Dorothea Röschmann wurde im norddeutschen Flensburg geboren und erhielt ihre Ausbildung in Deutschland und den USA. Internationales Renommée erlangte sie 1995 mit ihrem Debut bei den Salzburger Festspielen, als sie unter der Leitung von Nikolaus Harnoncourt die Susanna in Le nozze di Figaro sang. In den Folgejahren war sie dort als Servilia in La clemenza di Tito, als Pamina in Achim Freyers Zauberflöten-Produktion, als Ilia in Idomeneo, Vitellia im Titus und als Figaro-Gräfin zu erleben; 2001 gestaltete sie überdies die Nannetta in Verdis Falstaff bei den Osterfestspielen, dirigiert von Claudio Abbado. Eine enge künstlerische Zusammenarbeit verbindet die Sopranistin mit der Deutschen Staatsoper Berlin, wo sie in Mozart-Rollen mit Daniel Barenboim erarbeitete und mit barockem Repertoire unter der Stabführung von René Jacobs auftrat; auch ihre ersten Wagner-Partien, die Eva in den Meistersingern und die Elsa im Lohengrin, interpretierte sie «Unter den Linden». Weitere Engagements führten Dorothea Röschmann an die Bayerische und die Wiener Staatsoper, an das Royal Opera House London, an die Opéra National de Paris und an die New Yorker Metropolitan Opera und zum Ravinia Festival.

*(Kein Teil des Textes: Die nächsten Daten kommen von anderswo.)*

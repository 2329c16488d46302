//! The grammar of expressions, read by recursive descent: a function for each rule (ANSI X3.9-1978, section 6).
ghost use Rattle.std.specs.Prelude.{◌≡◌, ◌≤◌, ◌<◌, ◌+◌, ℕ, length, IfOk};
ghost use Rattle.f77_exprs.specs.Spelling.{reference_of, part_of};
ghost use Rattle.f77_exprs.specs.Read.{Reads};
ghost use Rattle.f77_exprs.specs.Operators as operators;
ghost use Rattle.f77_exprs.specs.Reading as spec;

use crate::operand::literal;
use crate::operators::{Infix, Prefix};
use crate::reader::Reader;
use crate::unread::Unread;
use f77_ast::expr::{Expr, Part, Ref};
use f77_ast::name::Name;
use hyb_base::no_memory::NoMemory;
use sqlite_items::{Boxed, Items};
use std::alloc::Global;

/// An operand after its operator, where it has one.
fn prefixed(alloc: Global, operator: Option<Prefix>, operand: Expr) -> Result<Expr, NoMemory>
    ensures { IfOk result (λ e. e ≡ spec.prefixed operator operand) }
{
    match operator {
        None => Ok(operand),
        Some(operator) => Ok(Expr::Unary(operator.operator(), Boxed::new(alloc, operand)?)),
    }
}

/// Two operands and the operator between them.
fn binary(alloc: Global, operator: Infix, left: Expr, right: Expr) -> Result<Expr, NoMemory>
    ensures { IfOk result (λ e. e ≡ spec.binary operator left right) }
{
    Ok(Expr::Binary(
        operator.operator(),
        Boxed::new(alloc, left)?,
        Boxed::new(alloc, right)?,
    ))
}

/// A reference.
fn reference_of(name: Name, args: Option<Items<Expr>>, part: Option<Boxed<Part>>) -> Expr
    ensures { result ≡ reference_of name args part }
{
    Expr::Ref(Ref { name, args, part })
}

/// The bounds of a substring.
fn part_of(alloc: Global, low: Option<Expr>, high: Option<Expr>) -> Result<Boxed<Part>, NoMemory>
    ensures { IfOk result (λ part. part ≡ part_of low high) }
{
    Ok(Boxed::new(alloc, Part { low, high })?)
}

/// `[expr]` before a byte.
#[cycle(grammar)]
fn bound(
    alloc: Global,
    reader: &mut Reader<'_>,
    depth: usize,
    end: u8,
) -> Result<Option<Expr>, Unread>
    ensures value { Reads (spec.bound (spec.expr_within depth) end reader.old) result reader.new }
    ensures within { length reader.new ≤ length reader.old }
{
    if reader.eat(end) {
        return Ok(None);
    }
    let found = expr_within(alloc, reader, depth)?;
    reader.expect(end)?;
    Ok(Some(found))
}

/// ref: an optional `(` [expr] `:` [expr] `)` (ANSI X3.9-1978, section 5.7.1).
#[cycle(grammar)]
fn substring(
    alloc: Global,
    reader: &mut Reader<'_>,
    depth: usize,
) -> Result<Option<Boxed<Part>>, Unread>
    ensures value { Reads (spec.substring (spec.expr_within depth) reader.old) result reader.new }
    ensures within { length reader.new ≤ length reader.old }
{
    if !reader.eat(b'(') {
        return Ok(None);
    }
    let low = bound(alloc, reader, depth, b':')?;
    let high = bound(alloc, reader, depth, b')')?;
    Ok(Some(part_of(alloc, low, high)?))
}

/// list(expr), after its first expr.
#[cycle(grammar)]
fn arguments(
    alloc: Global,
    reader: &mut Reader<'_>,
    depth: usize,
    first: Expr,
) -> Result<Items<Expr>, Unread>
    ensures value { Reads (spec.arguments (spec.expr_within depth) first reader.old) result reader.new }
    ensures within { length reader.new ≤ length reader.old }
{
    let mut found = Items::new(alloc);
    found.push(first)?;
    while reader.eat(b',') {
        let next = expr_within(alloc, reader, depth)?;
        found.push(next)?;
    }
    Ok(found)
}

/// ref: a list of none or more expr, which is read, and then an optional `(` [expr] `:` [expr] `)`.
#[cycle(grammar)]
fn with_part(
    alloc: Global,
    reader: &mut Reader<'_>,
    depth: usize,
    name: Name,
    all: Items<Expr>,
) -> Result<Expr, Unread>
    ensures value { Reads (spec.with_part (spec.expr_within depth) name all reader.old) result reader.new }
    ensures within { length reader.new ≤ length reader.old }
{
    let part = substring(alloc, reader, depth)?;
    Ok(reference_of(name, Some(all), part))
}

/// ref: a substring without a list, whose low bound is read.
#[cycle(grammar)]
fn with_low(
    alloc: Global,
    reader: &mut Reader<'_>,
    depth: usize,
    name: Name,
    low: Option<Expr>,
) -> Result<Expr, Unread>
    ensures value { Reads (spec.with_low (spec.expr_within depth) name low reader.old) result reader.new }
    ensures within { length reader.new ≤ length reader.old }
{
    let high = bound(alloc, reader, depth, b')')?;
    Ok(reference_of(name, None, Some(part_of(alloc, low, high)?)))
}

/// ref: what follows its first expr.
#[cycle(grammar)]
fn with_first(
    alloc: Global,
    reader: &mut Reader<'_>,
    depth: usize,
    name: Name,
    first: Expr,
) -> Result<Expr, Unread>
    ensures value { Reads (spec.with_first (spec.expr_within depth) name first reader.old) result reader.new }
    ensures within { length reader.new ≤ length reader.old }
{
    if reader.eat(b':') {
        return with_low(alloc, reader, depth, name, Some(first));
    }
    let all = arguments(alloc, reader, depth, first)?;
    reader.expect(b')')?;
    with_part(alloc, reader, depth, name, all)
}

/// ref: what follows name `(`.
#[cycle(grammar)]
fn opened(alloc: Global, reader: &mut Reader<'_>, depth: usize, name: Name) -> Result<Expr, Unread>
    ensures value { Reads (spec.opened (spec.expr_within depth) name reader.old) result reader.new }
    ensures within { length reader.new ≤ length reader.old }
{
    if reader.eat(b')') {
        return with_part(alloc, reader, depth, name, Items::new(alloc));
    }
    if reader.eat(b':') {
        return with_low(alloc, reader, depth, name, None);
    }
    let first = expr_within(alloc, reader, depth)?;
    with_first(alloc, reader, depth, name, first)
}

/// ref: name; name with `(` list of none or more expr `)`; either followed by `(` [expr] `:` [expr] `)`
/// (ANSI X3.9-1978, sections 2.2, 5.3, 5.7.1 and 15.2).
///
/// # Errors
///
/// `Unspelled` exactly where the text doesn't begin with a ref, as the definition reads it. `NoMemory` where memory failed.
#[cycle(grammar)]
pub fn reference(alloc: Global, reader: &mut Reader<'_>, depth: usize) -> Result<Expr, Unread>
    ensures value { Reads (spec.reference (spec.expr_within depth) reader.old) result reader.new }
    ensures within { length reader.new ≤ length reader.old }
{
    let name = reader.name()?;
    if !reader.eat(b'(') {
        return Ok(reference_of(name, None, None));
    }
    opened(alloc, reader, depth, name)
}

/// primary: `(` expr `)`; a constant; ref (ANSI X3.9-1978, section 6.1.2.1).
#[cycle(grammar)]
fn primary(alloc: Global, reader: &mut Reader<'_>, depth: usize) -> Result<Expr, Unread>
    ensures value { Reads (spec.primary (spec.expr_within depth) reader.old) result reader.new }
    ensures within { length reader.new ≤ length reader.old }
{
    if reader.eat(b'(') {
        let inner = expr_within(alloc, reader, depth)?;
        reader.expect(b')')?;
        return Ok(Expr::Paren(Boxed::new(alloc, inner)?));
    }
    match literal(alloc, reader)? {
        Some(constant) => Ok(constant),
        None => reference(alloc, reader, depth),
    }
}

/// factor: primary; primary `**` factor, after its first primary (ANSI X3.9-1978, section 6.1.2.2).
#[cycle(grammar)]
fn power(alloc: Global, reader: &mut Reader<'_>, depth: usize, left: Expr) -> Result<Expr, Unread>
    ensures value { (turns : ℕ) → length reader.old ≤ turns → Reads (spec.power_within depth turns left reader.old) result reader.new }
    ensures within { length reader.new ≤ length reader.old }
{
    match reader.take_infix(1) {
        None => Ok(left),
        Some(operator) => {
            let base = primary(alloc, reader, depth)?;
            let right = power(alloc, reader, depth, base)?;
            Ok(binary(alloc, operator, left, right)?)
        }
    }
}

/// relation: chars; chars relop chars, after its first chars (ANSI X3.9-1978, sections 6.3.2 and 6.3.4).
#[cycle(grammar)]
fn relation(
    alloc: Global,
    reader: &mut Reader<'_>,
    depth: usize,
    left: Expr,
) -> Result<Expr, Unread>
    ensures value { Reads (spec.one_operator_at_most (spec.level_within depth 4) 5 left reader.old) result reader.new }
    ensures within { length reader.new ≤ length reader.old }
{
    match reader.take_infix(5) {
        None => Ok(left),
        Some(operator) => {
            let right = level(alloc, reader, depth, 4)?;
            Ok(binary(alloc, operator, left, right)?)
        }
    }
}

/// term, sum, chars, conjunction, disjunction and expr, which group to the left, after the first operand, which is of
/// the level `below` (ANSI X3.9-1978, sections 6.1.2, 6.2.2 and 6.4.2).
#[cycle(grammar)]
fn chain(
    alloc: Global,
    reader: &mut Reader<'_>,
    depth: usize,
    below: usize,
    first: Expr,
) -> Result<Expr, Unread>
    requires { below ≤ 8 }
    ensures value { Reads (spec.rest_of operators.to_left (spec.level_within depth below) (below + 1) first reader.old) result reader.new }
    ensures within { length reader.new ≤ length reader.old }
{
    let mut left = first;
    while let Some(operator) = reader.take_infix(below + 1) {
        let right = level(alloc, reader, depth, below)?;
        left = binary(alloc, operator, left, right)?;
    }
    Ok(left)
}

/// What is at the level above `below` after its first operand.
#[cycle(grammar)]
fn rest_of(
    alloc: Global,
    reader: &mut Reader<'_>,
    depth: usize,
    below: usize,
    first: Expr,
) -> Result<Expr, Unread>
    requires { below ≤ 8 }
    ensures value { Reads (spec.rest_within depth below first reader.old) result reader.new }
    ensures within { length reader.new ≤ length reader.old }
{
    match below {
        0 => power(alloc, reader, depth, first),
        4 => relation(alloc, reader, depth, first),
        _ => chain(alloc, reader, depth, below, first),
    }
}

/// A level of the grammar, counted from the tightest: 0 primary, 1 factor, 2 term, 3 sum, 4 chars, 5 relation,
/// 6 negation, 7 conjunction, 8 disjunction, 9 expr.
///
/// The operators before the first operand of a level, and of the levels under it, are before all else: `.NOT.`, then a
/// sign. So they are taken first, and then the levels are gone through from the tightest.
#[cycle(grammar)]
fn level(alloc: Global, reader: &mut Reader<'_>, depth: usize, top: usize) -> Result<Expr, Unread>
    requires { top ≤ 9 }
    ensures value { Reads (spec.level_within depth top reader.old) result reader.new }
    ensures within { length reader.new ≤ length reader.old }
{
    let heads = reader.take_heads(top);
    let mut left = primary(alloc, reader, depth)?;
    for below in 0..top {
        let first = prefixed(alloc, heads.of(below + 1), left)?;
        left = rest_of(alloc, reader, depth, below, first)?;
    }
    Ok(left)
}

/// The expr that comes next, in which parentheses nest less deep than `depth`. Where they nest as deep, nothing is read.
///
/// # Errors
///
/// `Unspelled` exactly where the text doesn't begin with such an expr, as the definition reads it. `NoMemory` where memory
/// failed.
#[cycle(grammar)]
pub fn expr_within(alloc: Global, reader: &mut Reader<'_>, depth: usize) -> Result<Expr, Unread>
    ensures value { Reads (spec.expr_within depth reader.old) result reader.new }
    ensures within { length reader.new ≤ length reader.old }
{
    if depth == 0 {
        return Err(Unread::Unspelled);
    }
    level(alloc, reader, depth - 1, 9)
}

Auf dem Konzertpodium war sie mit den Wiener und den Berliner Philharmonikern, dem Koninklijk Concertgebouworkest, dem Concentus Musicus Wien, dem Chicago und dem London Symphony sowie dem Cleveland Orchestra zu hören und arbeitete dabei mit Bernard Haitink, James Levine, Antonio Pappano und Simon Rattle zusammen. Regelmässig gibt sie Liederabende: in vielen europäischen Musikzentren und auch in New York. Ihre Einspielungen umfassen Werke von Händel, Mozart, Schumann, Verdi und Puccini; die Aufnahme des Brahms-Requiems unter Rattle wurde mit einem «Grammy» ausgezeichnet.

Debut bei LUCERNE FESTIVAL (IMF) am 23. März 1997 mit Mozarts Spatzenmesse und Haydns Stabat mater; letzter Auftritt am 4. April 2004 mit Telemanns Der Tag des Gerichts. Beide Konzerte wurden von Nikolaus Harnoncourt dirigiert.